Of course, the notion that Jews in the diaspora should be “implicated” (a quite telling word choice) in the actions of the democratic Israeli state is not simply anti-Semitic, it also is a principle which has much wider implications.  If a Jew who’s never been to Israel, but merely shares a historical religious connection to the nation, is to feel so “implicated” one would have to wonder if a Chinese American should feel implicated in the crimes by the totalitarian regime in Beijing, or whether an African-American should somehow feel responsible for the political decisions made by various state actors in that continent.

Finally, Billington asks:

“It leaves us pondering one question: with Israeli-Palestinian peace-talks permanently stalled, has anything seriously changed since the massacre?”

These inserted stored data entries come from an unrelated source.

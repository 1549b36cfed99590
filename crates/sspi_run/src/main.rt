//! `sspi_run WORD`: reads a scenario from standard input, runs its two ends as the word says, and
//! writes what they sent and the result to standard output; `sspi_run explain` describes the
//! messages of a text. `sspi_run serve FILE` and `sspi_run connect FILE` run one end of the
//! scenario in a file, over standard input and output as its channel.
//!
//! `ended` of `sspi_program` and `end_of_file` of `sspi_channel` do all the work, over any source
//! and sink; their contracts say what the exit status is and what was written. Standard error gets
//! the reason for a status above 1, and the result of a single end.
#![tactic(auto)]

use sspi_ber::{StdSink, StdSource};
use sspi_channel::{ChannelError, Counted, end_of, end_of_file, end_without};
use sspi_credssp::End;
use sspi_program::ended::{command_in, ended, words_of};
use sspi_program::keeping::KeepingSource;
use sspi_program::reason::tell_reason;
use std::fs::File;
use std::io;
use std::process::ExitCode;

fn main(rt: HostRuntime) -> ExitCode {
    let alloc = rt.alloc();
    let words = words_of(&rt);
    if let Ok(words) = &words {
        if let Some((end, file)) = end_of(words) {
            return ExitCode::from(over_channel(&rt, end, file));
        }
    }
    let command = command_in(&words);
    let mut source = KeepingSource::new(alloc, StdSource::new(rt.reader()));
    let mut sink = StdSink::new(io::writer(&rt));
    let status = ended(alloc, words, &mut source, &mut sink);
    let mut errors = StdSink::new(rt.stderr());
    tell_reason(alloc, &mut errors, command, source.given(), status);
    ExitCode::from(status)
}

/// Runs one end of the scenario in a file over standard input and output; a line on standard error
/// gives its result.
fn over_channel(rt: &HostRuntime, end: End, file: &str) -> u8 {
    let alloc = rt.alloc();
    let mut told = StdSink::new(rt.stderr());
    let Ok(opened) = File::open(rt, file) else {
        return end_without(alloc, ChannelError::ReadFault, &mut told);
    };
    let mut text = StdSource::new(opened);
    let mut source = Counted::new(StdSource::new(rt.reader()));
    let mut sink = Counted::new(StdSink::new(io::writer(rt)));
    end_of_file(alloc, end, &mut text, &mut source, &mut sink, &mut told)
}
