impl<N: Mechanism, K: Mechanism, C: CredentialsProxy> CredSspServer<N, K, C> {
    ghost use Rattle.sspi_credssp.specs.Proxy.{Asks, look_ups_at};
    ghost use Rattle.sspi_credssp.specs.Ends.{ServerView};
    ghost use Rattle.sspi_credssp.specs.ServerCause.{NegoCause, OverCause, AfterCause};
    ghost use Rattle.sspi_credssp.specs.ServerStage.{HasDone, HasReached, IsAtStep, KeepsStep};
    ghost use Rattle.sspi_credssp.specs.ServerStage.{CompletedStep, Answered, IsReady};
    ghost use Rattle.sspi_credssp.specs.ServerTurn.{Unknown, Accepted, HasCome, HasAccepted};
    ghost use Rattle.sspi_credssp.specs.ServerTurn.{HasAcceptedTurn, ServerGoes};

    pub(crate) fn negotiate(&mut self, request: TsRequest) -> Result<ServerState, ServerError>
        // What must hold before.
        requires { HasDone no_acts self.old }
        // The turn, and the step in it.
        ensures turn { let c = either N.REQUESTS N.meaning K.meaning
            in (start : ServerView (SspiContext N K) C) (d : TsRequest) →
            request ≡ record d { version = self.old.settings.version } →
            IsReady c start d self.old →
            self.old.state ≡ CredSspState.NegoToken →
            self.old.output ≡ [] → ServerGoes c start d result self.new }
        ensures step { let c = either N.REQUESTS N.meaning K.meaning
            in (start : ServerView (SspiContext N K) C) (d : TsRequest) →
            d.nego_tokens ≡ request.nego_tokens → IsAtStep c C.meaning start self.old →
            HasAcceptedTurn c C.meaning start d result self.new }
        // What a refusal says.
        ensures cause { let c = either N.REQUESTS N.meaning K.meaning
            in (start : ServerView (SspiContext N K) C) (d : TsRequest) →
            request ≡ record d { version = self.old.settings.version } →
            IsAtStep c C.meaning start self.old →
            IfErr result (λ refusal. refusal.error.error_type ≢ ErrorKind.InsufficientMemory →
            NegoCause c C.meaning self.new.acts.status start d self.new refusal.error.error_type) }
        ensures codeless { IfErr result (λ refusal. refusal.error.nstatus ≡ None) }
        // What holds afterwards, and what the proxy was asked.
        ensures reached { HasReached self.new.acts.status self.new }
        ensures proxy { Asks C.meaning (look_ups_at self.new.acts.status) result self.old.proxy
            self.new.proxy }
    {
        match self.answer(&request) {
            Ok(answer) => Ok(ServerState::ReplyNeeded(with_answer(request, answer))),
            Err(error) => Err(refusal(self.state, request, error)),
        }
    }

    fn answer(&mut self, request: &TsRequest) -> Result<Answer, Refusal>
        // What must hold before.
        requires { HasDone no_acts self.old }
        // The turn, and the step in it.
        ensures turn { let c = either N.REQUESTS N.meaning K.meaning
            in (start : ServerView (SspiContext N K) C) (d : TsRequest) →
            request.now ≡ record d { version = self.old.settings.version } →
            IsReady c start d self.old →
            self.old.state ≡ CredSspState.NegoToken →
            self.old.output ≡ [] → Answered c start d (answered result) self.new }
        ensures step { let c = either N.REQUESTS N.meaning K.meaning
            in (start : ServerView (SspiContext N K) C) (d : TsRequest) →
            d.nego_tokens ≡ request.now.nego_tokens → IsAtStep c C.meaning start self.old →
            HasAccepted c C.meaning start d (answered result) self.new }
        ensures kept { (self.new.settings.version ≡ self.old.settings.version) ×
            OnErr result (self.new.state ≡ self.old.state) }
        // What a refusal says.
        ensures cause { let c = either N.REQUESTS N.meaning K.meaning
            in (start : ServerView (SspiContext N K) C) (d : TsRequest) →
            request.now ≡ record d { version = self.old.settings.version } →
            IsAtStep c C.meaning start self.old →
            IfErr result (λ error. error.error_type ≢ ErrorKind.InsufficientMemory →
            NegoCause c C.meaning self.new.acts.status start d self.new error.error_type) }
        // What holds afterwards, and what the proxy was asked.
        ensures reached { HasReached self.new.acts.status self.new }
        ensures proxy { Asks C.meaning (look_ups_at self.new.acts.status) result self.old.proxy
            self.new.proxy }
    {
        self.acts.negotiated = true;
        let Some(context) = &mut self.context else {
            unreachable!()
        };
        let step = accept(context, &self.credentials_handle, &request.nego_tokens)?;
        self.acts.status = Some(step.status);
        self.output = step.output;
        self.answer_step(step.status, request)
    }

    fn answer_step(
        &mut self,
        status: SecurityStatus,
        request: &TsRequest,
    ) -> Result<Answer, Refusal>
        // What must hold before.
        requires { HasDone (record no_acts { negotiated = true; status = Some status }) self.old }
        // The turn, and the step in it.
        ensures turn { let c = either N.REQUESTS N.meaning K.meaning
            in (start : ServerView (SspiContext N K) C) (d : TsRequest) →
            request.now ≡ record d { version = self.old.settings.version } →
            IsReady c start d self.old →
            self.old.state ≡ CredSspState.NegoToken →
            Answered c start d (answered result) self.new }
        ensures step { let c = either N.REQUESTS N.meaning K.meaning
            in (start : ServerView (SspiContext N K) C) (d : TsRequest) →
            IsLater C.meaning start.proxy self.old.proxy →
            IfContext self.old.context (Accepted c C.meaning start self.old.handle d.nego_tokens
            Unknown
            (Ok (record { status = status; output = self.old.output }))) →
            HasAccepted c C.meaning start d (answered result) self.new }
        ensures kept { KeepsStep self.old result self.new }
        // What a refusal says.
        ensures cause { let c = either N.REQUESTS N.meaning K.meaning
            in (start : ServerView (SspiContext N K) C) (d : TsRequest) →
            request.now ≡ record d { version = self.old.settings.version } →
            IsLater C.meaning start.proxy self.old.proxy →
            HasCome c C.meaning Unknown status start d self.old →
            IfErr result (λ error. error.error_type ≢ ErrorKind.InsufficientMemory →
            NegoCause c C.meaning (Some status) start d self.new error.error_type) }
        // What holds afterwards, and what the proxy was asked.
        ensures reached { HasReached (Some status) self.new }
        ensures proxy { Asks C.meaning (look_ups_at self.new.acts.status) result self.old.proxy
            self.new.proxy }
    {
        if status == SecurityStatus::ContinueNeeded {
            return Ok(Answer::Token(self.copy_output()?));
        }
        if has_ended(status) {
            return self.complete(request);
        }
        Err(Refusal::new(ErrorKind::InternalError, Reason::Status))
    }

    fn copy_output(&self) -> Result<Bytes, Refusal>
        ensures ok { IfOk result (λ token. token ≡ self.now.output) }
        ensures err { IfErr result (λ error. error.error_type ≡ ErrorKind.InsufficientMemory) }
    {
        Ok(self.output.clone(self.alloc)?)
    }

    // The authentication has ended: the peer is looked up and the context completed, and then the
    // client is answered.
    fn complete(&mut self, request: &TsRequest) -> Result<Answer, Refusal>
        // What must hold before.
        requires { HasDone (record no_acts { negotiated = true; status = self.old.acts.status })
            self.old }
        // The turn, and the step in it.
        ensures turn { let c = either N.REQUESTS N.meaning K.meaning
            in (start : ServerView (SspiContext N K) C) (d : TsRequest) →
            request.now ≡ record d { version = self.old.settings.version } →
            IsReady c start d self.old →
            self.old.state ≡ CredSspState.NegoToken →
            IsOver self.old.acts.status → Answered c start d (answered result) self.new }
        ensures step { let c = either N.REQUESTS N.meaning K.meaning in
            (start : ServerView (SspiContext N K) C) (token : Option (List ℕ))
            (answer : Result Step Error) →
            IsLater C.meaning start.proxy self.old.proxy →
            IfContext self.old.context (Accepted c C.meaning start self.old.handle token Unknown
            answer) →
            CompletedStep c C.meaning start self.old.handle token answer (answered result)
            self.new.context }
        // What holds afterwards.
        ensures kept { KeepsStep self.old result self.new }
        ensures reached { HasReached self.old.acts.status self.new }
        // What a refusal says.
        ensures cause { let c = either N.REQUESTS N.meaning K.meaning in
            (start : ServerView (SspiContext N K) C) (d : TsRequest) (status : SecurityStatus) →
            request.now ≡ record d { version = self.old.settings.version } →
            IsLater C.meaning start.proxy self.old.proxy →
            HasCome c C.meaning Unknown status start d self.old →
            IfErr result (λ error. error.error_type ≢ ErrorKind.InsufficientMemory →
            OverCause c C.meaning status start d self.new error.error_type) }
        // What the proxy was asked.
        ensures proxy { Asks C.meaning 1 result self.old.proxy self.new.proxy }
    {
        let Some(context) = &mut self.context else {
            unreachable!()
        };
        identify(self.alloc, context, &mut self.credentials)?;
        context.complete_auth_token()?;
        self.answer_peer(request)
    }

    // Answers a proof that is already there, or asks for it with the last token.
    fn answer_peer(&mut self, request: &TsRequest) -> Result<Answer, Refusal>
        // What must hold before.
        requires { HasDone (record no_acts { negotiated = true; status = self.old.acts.status })
            self.old }
        // The turn.
        ensures turn { let c = either N.REQUESTS N.meaning K.meaning
            in (start : ServerView (SspiContext N K) C) (d : TsRequest) →
            request.now ≡ record d { version = self.old.settings.version } →
            IsReady c start d self.old →
            self.old.state ≡ CredSspState.NegoToken →
            IsOver self.old.acts.status → Answered c start d (answered result) self.new }
        // All that may change, and the end's state afterwards.
        ensures frame { self.new ≡ record self.old {
          state = self.new.state;
          context = self.new.context;
          acts = self.new.acts;
        } }
        ensures moved { SameBut (either N.REQUESTS N.meaning K.meaning) self.old.context
            self.new.context }
        ensures state { OnErr result (self.new.state ≡ self.old.state) }
        ensures reached { HasReached self.old.acts.status self.new }
        // What a refusal says.
        ensures cause { IfErr result (λ error. error.error_type ≢ ErrorKind.InsufficientMemory →
            AfterCause (either N.REQUESTS N.meaning K.meaning) request.now.pub_key_auth
            request.now.client_nonce self.new
            error.error_type) }
    {
        match &request.pub_key_auth {
            Some(_) => {
                let proof = self.exchange(request)?;
                self.state = CredSspState::AuthInfo;
                Ok(Answer::Proof(proof))
            }
            None => {
                if self.output.is_empty() {
                    return Err(Refusal::new(ErrorKind::InvalidToken, Reason::EmptyToken));
                }
                let token = self.copy_output()?;
                self.state = CredSspState::PubKeyInfo;
                Ok(Answer::Token(token))
            }
        }
    }
}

Why, yes, much has changed since 1994.  A deadly campaign of terror from 2000 to 2004 left over 1200 Jewish citizens of Israel dead – victims of suicide attacks and other forms of violence directed against civilians and routinely sanctioned by Palestinian authorities, the state-run media, and religious leaders (not to mention more than a few sympathetic journalists and “intellectuals” in the West).

Unlike in Israel, where the deadly rampage by Goldstein was both anomalous and universally condemned, Palestinian society didn’t seem too keen on engaging in such self-criticism over the moral implications of their violent intifada, and we will likely never see a play, or some other form of artistic expression, questioning their societal culpability, one which engages in serious self-reflection.

Michael Billington, like so many of his colleagues at the Guardian, has grown up believing as much in the romanticized version of “Palestine”, as in the crude caricature of the Jewish state – what Jonathan Spyer characterizes as a place which bears little or no resemblance to the nation for those who actually live there: “mythical Israel…a place of uninterrupted darkness and horror, in which every human interaction is ugly, crude, racist, brutal.”

I can’t comment on Michael Billington’s adeptness at artistic criticism, but I certainly can hope that he, and his colleagues, will one day engage in the same level of self-criticism they are constantly demanding of me, my religion, and my nation.